For example, Luo et al. [1] provide a broad review of theoretical TEG models, covering one-dimensional analytical formulas, finite element method (FEM) simulations, and circuit analogies and offer a detailed comparison between FEM and 1D models.

Korotkov et al. [2] demonstrate techniques for modeling TEGs using FEM with the ANSYS Workbench software.

Bjørk et al. (2014) [3] use a 3D numerical TEG model to investigate internal heat-loss mechanisms—conduction through the module materials, natural convection inside the module, and radiation—finding that radiative and conductive losses have comparable impacts on a TEG performance.

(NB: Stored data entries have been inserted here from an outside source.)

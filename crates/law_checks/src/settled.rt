//! The law Settled: promises are settled once, each for a cause.
ghost use Rattle.std.specs.Prelude.{◌≡◌, find, not};
ghost use Rattle.std.specs.List.{list_all};
ghost use Rattle.ipdl_base.specs.Sound.{IsSound};
ghost use Rattle.history_reading.specs.EndReading.{is_promise, is_settled_packet};
ghost use Rattle.history_reading.specs.EndReadings.{end_view};
ghost use Rattle.history_reading.specs.Views.{sent_view, packet_view};
ghost use Rattle.history_reading.specs.Settled as the;

use crate::replies::{ReplyTest, own_returns, says};
use history_reading::{EndReading, EventKind, NumberList, SentPacket};
use ipdl_base::{Line, Reason, Schema, Side, Values, What};
use reading_checks::same_side;

/// Whether the end's request of a number is async with returns.
fn is_promise(own: &EndReading<'_>, n: i32) -> bool
    ensures { result ≡ is_promise (end_view own.now) n }
{
    match own.sent.request(n) {
        Some(request) => request.wants,
        None => false,
    }
}

/// Whether a promise has not been settled.
fn is_unsettled(own: &EndReading<'_>, n: i32) -> bool
    ensures { result ≡ the.is_unsettled (end_view own.now) n }
{
    is_promise(own, n) && !own.settled.has(n)
}

/// Whether an event is a closing.
fn is_close_event(event: EventKind) -> bool
    ensures { result ≡ the.is_close_event event }
{
    matches!(event, EventKind::Closes)
}

/// Whether a line settles a promise.
fn is_settle(what: &What) -> bool
    ensures { result ≡ the.is_settle what.now }
{
    matches!(what, What::Resolved(..) | What::Rejected(..))
}

/// Whether a line is the fall of an actor.
fn is_fall_of(what: &What, id: i32) -> bool
    ensures { result ≡ the.is_fall_of id what.now }
{
    match what {
        What::Fall(fallen, _) => *fallen == id,
        _ => false,
    }
}

/// Whether a line is the fall of an actor at an end.
fn is_fall_at(line: &Line, side: Side, id: i32) -> bool
    ensures { result ≡ the.is_fall_at side id line.now }
{
    same_side(line.side, side) && is_fall_of(&line.what, id)
}

/// Whether the first line that settles nothing is the fall of this actor at this end.
fn falls_next(following: &[Line], side: Side, id: i32) -> bool
    ensures { result ≡ the.falls_next side id following.now }
{
    for line in following {
        if !is_settle(&line.what) {
            return is_fall_at(line, side, id);
        }
    }
    false
}

/// Whether the actor of a promise falls next.
#[tactic(auto, unfolding(history_reading::specs::Settled::promise_falls_next))]
fn promise_falls_next(following: &[Line], side: Side, own: &EndReading<'_>, n: i32) -> bool
    ensures { result ≡ the.promise_falls_next side (end_view own.now) n following.now }
{
    match own.sent.request(n) {
        Some(request) => falls_next(following, side, request.route),
        None => false,
    }
}

/// Whether the other end reports that an actor was destroyed.
#[tactic(auto, unfolding(history_reading::specs::Settled::reports_fallen))]
fn reports_fallen(schema: &Schema, own: &EndReading<'_>, other: &EndReading<'_>, n: i32) -> bool
    ensures { result ≡ the.reports_fallen (end_view other.now) n }
{
    let asked = ReplyTest::Fault(Reason::ActorDestroyed);
    says(schema, own, other, n, &asked)
}

/// Whether the other end resolves a promise with values in which an actor is missing.
#[tactic(auto, unfolding(history_reading::specs::Settled::resolves_missing))]
fn resolves_missing(schema: &Schema, own: &EndReading<'_>, other: &EndReading<'_>, n: i32) -> bool
    requires { IsSound schema.now }
    ensures { result ≡ the.resolves_missing schema.now (end_view own.now) (end_view other.now) n }
{
    let asked = ReplyTest::ResolvedMissing(own_returns(schema, own, n));
    says(schema, own, other, n, &asked)
}

/// Whether the other end does one or the other.
fn reports_destroyed(schema: &Schema, own: &EndReading<'_>, other: &EndReading<'_>, n: i32) -> bool
    requires { IsSound schema.now }
    ensures { result ≡ the.reports_destroyed schema.now (end_view own.now) (end_view other.now) n }
{
    reports_fallen(schema, own, other, n) || resolves_missing(schema, own, other, n)
}

/// Whether a promise may be rejected because an actor was destroyed.
#[tactic(auto, unfolding(history_reading::specs::Settled::is_destroyed))]
fn is_destroyed(
    schema: &Schema,
    side: Side,
    own: &EndReading<'_>,
    other: &EndReading<'_>,
    n: i32,
    following: &[Line],
) -> bool
    requires { IsSound schema.now }
    ensures { result ≡ the.is_destroyed schema.now side (end_view own.now) (end_view other.now) n following.now }
{
    reports_destroyed(schema, own, other, n) || promise_falls_next(following, side, own, n)
}

/// Whether a rejection has its cause.
fn is_cause(
    schema: &Schema,
    side: Side,
    own: &EndReading<'_>,
    other: &EndReading<'_>,
    n: i32,
    following: &[Line],
    reason: Reason,
) -> bool
    requires { IsSound schema.now }
    ensures { result ≡ the.is_cause schema.now side (end_view own.now) (end_view other.now) n following.now reason }
{
    match reason {
        Reason::HandlerRejected => says(schema, own, other, n, &ReplyTest::Rejected),
        Reason::ResolverDestroyed => says(
            schema,
            own,
            other,
            n,
            &ReplyTest::Fault(Reason::ResolverDestroyed),
        ),
        Reason::ChannelClosed => is_close_event(own.event),
        Reason::ActorDestroyed => is_destroyed(schema, side, own, other, n, following),
    }
}

/// Whether the other end resolved a promise with these values.
fn is_resolved(
    schema: &Schema,
    own: &EndReading<'_>,
    other: &EndReading<'_>,
    n: i32,
    values: &Values,
) -> bool
    requires { IsSound schema.now }
    ensures { result ≡ the.is_resolved schema.now (end_view own.now) (end_view other.now) n values.now }
{
    let asked = ReplyTest::ResolvedWith(own_returns(schema, own, n), values);
    says(schema, own, other, n, &asked)
}

/// Whether a line obeys the law, before the lines after it.
pub fn settled_line(
    schema: &Schema,
    side: Side,
    own: &EndReading<'_>,
    other: &EndReading<'_>,
    what: &What,
    following: &[Line],
) -> bool
    requires { IsSound schema.now }
    ensures { result ≡ the.settled_line schema.now side (end_view own.now) (end_view other.now) what.now following.now }
{
    match what {
        What::Resolved(n, values) => {
            is_unsettled(own, *n) && is_resolved(schema, own, other, *n, values)
        }
        What::Rejected(n, reason) => {
            is_unsettled(own, *n) && is_cause(schema, side, own, other, *n, following, *reason)
        }
        _ => true,
    }
}

/// Whether a packet is settled if it is a request which is async with returns.
fn is_settled_packet(settled: &NumberList, told: &SentPacket<'_>) -> bool
    ensures { result ≡ is_settled_packet settled.now (packet_view told.now) }
{
    match told {
        SentPacket::Request(request) => !request.wants || settled.has(request.seq),
        _ => true,
    }
}

/// Whether each packet is settled if it is such a request.
fn are_settled(settled: &NumberList, sent: &[SentPacket<'_>]) -> bool
    ensures { result ≡ list_all (λ t. is_settled_packet settled.now (packet_view t)) sent.now }
{
    sent.iter().all(|told| is_settled_packet(settled, told))
}

/// Whether each promise of an end is settled.
fn all_settled(own: &EndReading<'_>) -> bool
    ensures { result ≡ the.all_settled (end_view own.now).settled (end_view own.now).sent }
{
    are_settled(&own.settled, own.sent.as_slice())
}

/// Whether an end that has closed has settled each of its promises.
pub fn settled_moment(own: &EndReading<'_>) -> bool
    ensures { result ≡ the.settled_moment (end_view own.now) }
{
    !own.over || all_settled(own)
}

Verification of FEM techniques against experiments is also presented by Seetawan et al. [4]. Chen et al. (2025) [5] experimentally validated the conclusions of a classic 1D TEG model, importantly confirming that maximum output power occurs at an optimal load resistance—the true optimum includes not only the TEG’s internal resistance but also contact and wiring resistances.

Sajjad et al. [6] present a comprehensive review of machine learning methods for predicting and optimizing TEG performance, summarizing how regression techniques, deep neural networks, and physics-informed machine learning models are used for TEG modeling and design optimization, and pointing out challenges such as limited datasets and the need for experimental validation. They suggest that integrating machine learning with traditional simulations could accelerate the development of high-performance TEGs.

FEM-based simulations, while accurate, are computationally intensive and not suitable for rapid design iterations. Electronics engineers often find these tools impractical for obtaining quick simulation results, especially when a TEG must be co-simulated with an electronic circuit under varying loads and temperatures.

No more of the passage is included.